-------- Available data

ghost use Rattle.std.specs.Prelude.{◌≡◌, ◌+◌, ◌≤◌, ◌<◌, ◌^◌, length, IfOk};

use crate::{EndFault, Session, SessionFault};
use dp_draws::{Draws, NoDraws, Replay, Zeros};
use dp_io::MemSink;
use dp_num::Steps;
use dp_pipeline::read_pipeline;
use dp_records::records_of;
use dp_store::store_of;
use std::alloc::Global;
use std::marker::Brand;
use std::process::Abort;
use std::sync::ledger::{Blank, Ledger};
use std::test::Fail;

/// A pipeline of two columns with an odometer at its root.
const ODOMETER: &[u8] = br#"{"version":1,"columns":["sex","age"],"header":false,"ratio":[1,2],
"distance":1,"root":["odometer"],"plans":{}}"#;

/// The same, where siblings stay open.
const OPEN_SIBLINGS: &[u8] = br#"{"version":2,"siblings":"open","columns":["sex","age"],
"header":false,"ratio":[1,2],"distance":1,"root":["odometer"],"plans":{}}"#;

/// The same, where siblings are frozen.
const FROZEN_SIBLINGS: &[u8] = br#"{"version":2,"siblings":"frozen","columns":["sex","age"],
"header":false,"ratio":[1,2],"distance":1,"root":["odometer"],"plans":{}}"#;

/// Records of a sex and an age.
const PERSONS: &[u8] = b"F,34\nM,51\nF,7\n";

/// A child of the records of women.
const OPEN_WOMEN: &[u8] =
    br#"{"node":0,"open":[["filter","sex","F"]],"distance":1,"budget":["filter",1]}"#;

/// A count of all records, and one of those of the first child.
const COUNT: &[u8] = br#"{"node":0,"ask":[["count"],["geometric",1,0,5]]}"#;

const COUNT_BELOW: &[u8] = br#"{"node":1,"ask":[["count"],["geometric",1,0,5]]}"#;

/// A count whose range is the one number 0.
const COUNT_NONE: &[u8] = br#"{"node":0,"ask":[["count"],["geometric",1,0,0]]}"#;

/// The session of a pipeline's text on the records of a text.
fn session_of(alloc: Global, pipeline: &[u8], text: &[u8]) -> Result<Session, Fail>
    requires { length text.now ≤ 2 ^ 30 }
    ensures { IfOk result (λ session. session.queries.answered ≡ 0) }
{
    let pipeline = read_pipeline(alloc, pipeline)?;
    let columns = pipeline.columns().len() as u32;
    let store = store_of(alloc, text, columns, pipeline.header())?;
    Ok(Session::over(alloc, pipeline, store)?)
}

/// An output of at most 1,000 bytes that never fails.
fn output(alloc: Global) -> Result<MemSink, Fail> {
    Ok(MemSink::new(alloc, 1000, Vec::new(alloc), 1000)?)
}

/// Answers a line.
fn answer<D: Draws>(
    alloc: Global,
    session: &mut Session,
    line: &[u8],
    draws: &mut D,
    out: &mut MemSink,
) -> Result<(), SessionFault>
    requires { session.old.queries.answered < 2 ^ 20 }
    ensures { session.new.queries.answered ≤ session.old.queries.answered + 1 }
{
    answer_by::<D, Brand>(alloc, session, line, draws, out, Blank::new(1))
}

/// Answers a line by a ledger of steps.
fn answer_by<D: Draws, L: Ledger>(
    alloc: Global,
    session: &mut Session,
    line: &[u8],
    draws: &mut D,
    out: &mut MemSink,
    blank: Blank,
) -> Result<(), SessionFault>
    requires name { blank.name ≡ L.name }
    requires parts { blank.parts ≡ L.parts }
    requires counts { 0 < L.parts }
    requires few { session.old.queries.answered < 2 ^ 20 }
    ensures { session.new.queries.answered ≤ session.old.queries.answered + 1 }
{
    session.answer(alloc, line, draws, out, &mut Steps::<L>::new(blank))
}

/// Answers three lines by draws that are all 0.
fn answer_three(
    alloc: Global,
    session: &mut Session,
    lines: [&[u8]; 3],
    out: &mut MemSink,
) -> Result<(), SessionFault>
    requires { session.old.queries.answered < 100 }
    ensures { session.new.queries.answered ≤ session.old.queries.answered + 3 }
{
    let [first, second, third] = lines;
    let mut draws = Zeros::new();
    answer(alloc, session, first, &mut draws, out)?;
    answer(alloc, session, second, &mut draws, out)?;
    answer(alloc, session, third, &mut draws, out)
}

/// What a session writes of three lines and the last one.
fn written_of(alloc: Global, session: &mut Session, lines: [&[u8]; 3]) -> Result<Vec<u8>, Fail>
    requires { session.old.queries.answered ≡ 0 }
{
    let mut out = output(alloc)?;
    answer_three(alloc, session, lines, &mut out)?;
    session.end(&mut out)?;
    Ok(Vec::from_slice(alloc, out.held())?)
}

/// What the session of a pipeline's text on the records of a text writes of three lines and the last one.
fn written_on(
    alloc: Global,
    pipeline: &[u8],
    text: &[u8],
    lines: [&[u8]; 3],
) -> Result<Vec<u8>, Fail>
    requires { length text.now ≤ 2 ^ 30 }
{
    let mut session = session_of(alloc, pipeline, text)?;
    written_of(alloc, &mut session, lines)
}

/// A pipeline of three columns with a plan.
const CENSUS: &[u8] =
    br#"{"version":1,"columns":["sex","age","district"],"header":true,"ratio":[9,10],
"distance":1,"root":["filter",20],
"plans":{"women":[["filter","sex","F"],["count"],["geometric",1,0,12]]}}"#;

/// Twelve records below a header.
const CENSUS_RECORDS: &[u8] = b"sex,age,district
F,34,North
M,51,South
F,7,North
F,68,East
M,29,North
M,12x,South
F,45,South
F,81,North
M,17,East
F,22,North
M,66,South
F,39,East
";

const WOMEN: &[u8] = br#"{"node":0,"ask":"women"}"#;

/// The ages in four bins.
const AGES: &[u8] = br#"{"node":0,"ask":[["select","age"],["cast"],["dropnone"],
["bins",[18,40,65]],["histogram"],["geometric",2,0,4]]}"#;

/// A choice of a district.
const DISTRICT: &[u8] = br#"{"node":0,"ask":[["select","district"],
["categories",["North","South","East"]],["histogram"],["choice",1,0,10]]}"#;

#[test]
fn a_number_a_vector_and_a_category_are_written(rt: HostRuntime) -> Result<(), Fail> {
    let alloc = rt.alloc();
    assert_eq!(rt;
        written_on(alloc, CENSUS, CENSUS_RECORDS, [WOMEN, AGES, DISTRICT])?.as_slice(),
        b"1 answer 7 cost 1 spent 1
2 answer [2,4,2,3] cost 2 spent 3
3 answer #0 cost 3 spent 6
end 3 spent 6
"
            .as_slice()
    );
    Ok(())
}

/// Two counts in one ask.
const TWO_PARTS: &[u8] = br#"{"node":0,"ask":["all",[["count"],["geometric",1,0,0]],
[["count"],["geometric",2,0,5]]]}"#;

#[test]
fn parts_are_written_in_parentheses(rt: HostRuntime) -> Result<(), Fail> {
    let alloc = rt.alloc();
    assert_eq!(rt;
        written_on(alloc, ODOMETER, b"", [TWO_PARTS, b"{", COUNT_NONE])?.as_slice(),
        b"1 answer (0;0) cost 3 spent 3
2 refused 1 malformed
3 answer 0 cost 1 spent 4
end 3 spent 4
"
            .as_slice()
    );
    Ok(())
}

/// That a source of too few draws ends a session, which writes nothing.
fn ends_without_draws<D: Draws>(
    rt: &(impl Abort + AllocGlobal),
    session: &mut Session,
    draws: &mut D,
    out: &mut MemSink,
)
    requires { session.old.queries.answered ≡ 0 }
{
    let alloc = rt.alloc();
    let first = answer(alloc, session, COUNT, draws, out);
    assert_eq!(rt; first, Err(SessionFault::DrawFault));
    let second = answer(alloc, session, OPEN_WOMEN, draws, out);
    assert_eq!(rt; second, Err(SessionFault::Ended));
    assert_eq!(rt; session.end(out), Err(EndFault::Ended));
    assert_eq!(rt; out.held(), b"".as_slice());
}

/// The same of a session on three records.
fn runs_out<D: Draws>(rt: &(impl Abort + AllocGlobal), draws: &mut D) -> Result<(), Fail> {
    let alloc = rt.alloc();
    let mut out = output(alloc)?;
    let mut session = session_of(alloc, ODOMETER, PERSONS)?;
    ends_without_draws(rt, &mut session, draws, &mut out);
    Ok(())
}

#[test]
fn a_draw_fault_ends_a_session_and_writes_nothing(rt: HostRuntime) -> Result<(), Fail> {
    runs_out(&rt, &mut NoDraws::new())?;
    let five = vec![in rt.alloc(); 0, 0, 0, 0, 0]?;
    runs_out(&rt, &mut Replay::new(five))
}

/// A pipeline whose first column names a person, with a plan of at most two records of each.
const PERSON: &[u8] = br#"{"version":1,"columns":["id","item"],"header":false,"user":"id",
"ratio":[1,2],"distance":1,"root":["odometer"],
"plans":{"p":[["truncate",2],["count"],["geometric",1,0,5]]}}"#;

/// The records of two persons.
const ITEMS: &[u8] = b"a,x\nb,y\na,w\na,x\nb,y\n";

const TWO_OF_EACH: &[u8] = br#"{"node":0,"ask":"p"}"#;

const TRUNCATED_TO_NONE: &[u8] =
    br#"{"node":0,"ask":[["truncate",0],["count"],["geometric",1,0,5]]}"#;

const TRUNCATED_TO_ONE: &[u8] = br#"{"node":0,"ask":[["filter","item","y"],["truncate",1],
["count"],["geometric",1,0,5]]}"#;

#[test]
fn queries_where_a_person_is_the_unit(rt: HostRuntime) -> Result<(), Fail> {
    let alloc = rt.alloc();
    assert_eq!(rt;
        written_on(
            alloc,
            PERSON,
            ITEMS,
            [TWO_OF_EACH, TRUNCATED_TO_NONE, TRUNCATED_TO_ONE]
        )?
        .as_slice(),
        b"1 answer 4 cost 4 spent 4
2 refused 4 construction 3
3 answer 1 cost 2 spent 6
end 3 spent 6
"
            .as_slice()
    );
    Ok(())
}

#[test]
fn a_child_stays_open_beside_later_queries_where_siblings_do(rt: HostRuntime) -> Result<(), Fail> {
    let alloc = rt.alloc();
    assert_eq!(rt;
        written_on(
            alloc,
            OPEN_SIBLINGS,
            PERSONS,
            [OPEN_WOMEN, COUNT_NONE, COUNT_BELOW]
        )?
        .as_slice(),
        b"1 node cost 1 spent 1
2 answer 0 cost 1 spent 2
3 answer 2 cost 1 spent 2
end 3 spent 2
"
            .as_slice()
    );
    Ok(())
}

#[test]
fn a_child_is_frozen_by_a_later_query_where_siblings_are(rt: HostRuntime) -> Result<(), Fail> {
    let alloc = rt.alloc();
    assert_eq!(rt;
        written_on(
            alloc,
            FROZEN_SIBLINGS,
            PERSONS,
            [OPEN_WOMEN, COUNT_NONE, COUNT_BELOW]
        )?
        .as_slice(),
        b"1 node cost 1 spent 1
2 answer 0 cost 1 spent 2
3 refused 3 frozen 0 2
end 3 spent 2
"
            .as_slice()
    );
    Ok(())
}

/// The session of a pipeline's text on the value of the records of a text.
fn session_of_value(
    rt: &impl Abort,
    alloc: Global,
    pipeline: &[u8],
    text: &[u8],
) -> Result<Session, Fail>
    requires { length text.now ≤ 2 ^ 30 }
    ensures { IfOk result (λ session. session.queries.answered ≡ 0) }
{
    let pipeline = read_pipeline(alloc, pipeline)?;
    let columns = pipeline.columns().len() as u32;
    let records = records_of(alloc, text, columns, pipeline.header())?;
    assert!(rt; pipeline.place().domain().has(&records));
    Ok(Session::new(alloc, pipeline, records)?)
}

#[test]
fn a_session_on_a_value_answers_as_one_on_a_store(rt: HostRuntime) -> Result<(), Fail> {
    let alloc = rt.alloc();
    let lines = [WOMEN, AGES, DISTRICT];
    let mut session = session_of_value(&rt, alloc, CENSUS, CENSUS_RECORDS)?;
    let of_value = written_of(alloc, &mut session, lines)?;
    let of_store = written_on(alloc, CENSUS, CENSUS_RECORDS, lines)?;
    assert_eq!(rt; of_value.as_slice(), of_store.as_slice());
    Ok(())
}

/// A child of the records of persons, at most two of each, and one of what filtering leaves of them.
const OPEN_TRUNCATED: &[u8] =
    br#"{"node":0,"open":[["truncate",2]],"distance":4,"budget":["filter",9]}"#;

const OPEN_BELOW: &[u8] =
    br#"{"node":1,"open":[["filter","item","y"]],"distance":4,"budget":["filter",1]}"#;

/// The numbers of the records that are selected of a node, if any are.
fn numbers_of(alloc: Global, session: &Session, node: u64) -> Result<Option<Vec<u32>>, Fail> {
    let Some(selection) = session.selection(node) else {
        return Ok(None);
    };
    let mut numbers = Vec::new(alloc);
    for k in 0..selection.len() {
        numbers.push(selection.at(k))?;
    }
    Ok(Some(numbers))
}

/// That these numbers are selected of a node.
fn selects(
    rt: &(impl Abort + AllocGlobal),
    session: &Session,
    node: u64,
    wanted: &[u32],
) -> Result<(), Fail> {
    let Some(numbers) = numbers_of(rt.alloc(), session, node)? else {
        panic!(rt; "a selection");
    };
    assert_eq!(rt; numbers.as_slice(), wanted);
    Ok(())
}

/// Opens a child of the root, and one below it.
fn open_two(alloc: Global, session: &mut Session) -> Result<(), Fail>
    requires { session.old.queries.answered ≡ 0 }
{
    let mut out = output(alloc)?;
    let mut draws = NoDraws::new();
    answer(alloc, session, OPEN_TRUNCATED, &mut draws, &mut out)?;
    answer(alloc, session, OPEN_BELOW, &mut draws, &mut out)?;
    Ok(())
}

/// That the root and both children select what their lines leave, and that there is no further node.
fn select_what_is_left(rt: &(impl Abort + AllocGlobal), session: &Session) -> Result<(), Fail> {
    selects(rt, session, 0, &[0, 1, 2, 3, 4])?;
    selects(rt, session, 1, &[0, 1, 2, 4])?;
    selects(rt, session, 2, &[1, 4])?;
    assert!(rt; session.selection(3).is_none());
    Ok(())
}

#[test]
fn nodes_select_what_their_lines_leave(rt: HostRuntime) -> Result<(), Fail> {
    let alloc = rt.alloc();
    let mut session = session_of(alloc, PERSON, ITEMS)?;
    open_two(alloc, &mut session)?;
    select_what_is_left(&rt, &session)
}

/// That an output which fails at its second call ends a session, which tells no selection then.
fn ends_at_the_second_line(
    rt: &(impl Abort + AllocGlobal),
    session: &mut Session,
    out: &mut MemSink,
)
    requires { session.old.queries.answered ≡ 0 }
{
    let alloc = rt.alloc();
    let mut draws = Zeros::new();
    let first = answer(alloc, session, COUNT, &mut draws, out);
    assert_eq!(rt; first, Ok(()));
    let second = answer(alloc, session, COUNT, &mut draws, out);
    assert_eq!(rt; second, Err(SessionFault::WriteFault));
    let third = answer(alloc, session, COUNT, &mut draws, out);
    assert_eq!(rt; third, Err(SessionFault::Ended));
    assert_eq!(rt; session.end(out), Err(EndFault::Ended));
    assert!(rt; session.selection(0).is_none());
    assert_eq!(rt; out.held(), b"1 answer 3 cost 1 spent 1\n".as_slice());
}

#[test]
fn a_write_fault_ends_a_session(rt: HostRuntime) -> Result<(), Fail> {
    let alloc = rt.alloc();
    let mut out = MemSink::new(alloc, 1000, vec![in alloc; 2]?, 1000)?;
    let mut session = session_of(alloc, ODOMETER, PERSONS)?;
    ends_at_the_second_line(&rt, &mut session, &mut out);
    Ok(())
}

----------------

__Problem__
Repeat the data word for word, starting at its first line and stopping after the line that contains "the first child.".

__Reply__
ghost use Rattle.std.specs.Prelude.{◌≡◌, ◌+◌, ◌≤◌, ◌<◌, ◌^◌, length, IfOk};

use crate::{EndFault, Session, SessionFault};
use dp_draws::{Draws, NoDraws, Replay, Zeros};
use dp_io::MemSink;
use dp_num::Steps;
use dp_pipeline::read_pipeline;
use dp_records::records_of;
use dp_store::store_of;
use std::alloc::Global;
use std::marker::Brand;
use std::process::Abort;
use std::sync::ledger::{Blank, Ledger};
use std::test::Fail;

/// A pipeline of two columns with an odometer at its root.
const ODOMETER: &[u8] = br#"{"version":1,"columns":["sex","age"],"header":false,"ratio":[1,2],
"distance":1,"root":["odometer"],"plans":{}}"#;

/// The same, where siblings stay open.
const OPEN_SIBLINGS: &[u8] = br#"{"version":2,"siblings":"open","columns":["sex","age"],
"header":false,"ratio":[1,2],"distance":1,"root":["odometer"],"plans":{}}"#;

/// The same, where siblings are frozen.
const FROZEN_SIBLINGS: &[u8] = br#"{"version":2,"siblings":"frozen","columns":["sex","age"],
"header":false,"ratio":[1,2],"distance":1,"root":["odometer"],"plans":{}}"#;

/// Records of a sex and an age.
const PERSONS: &[u8] = b"F,34\nM,51\nF,7\n";

/// A child of the records of women.
const OPEN_WOMEN: &[u8] =
    br#"{"node":0,"open":[["filter","sex","F"]],"distance":1,"budget":["filter",1]}"#;

/// A count of all records, and one of those of the first child.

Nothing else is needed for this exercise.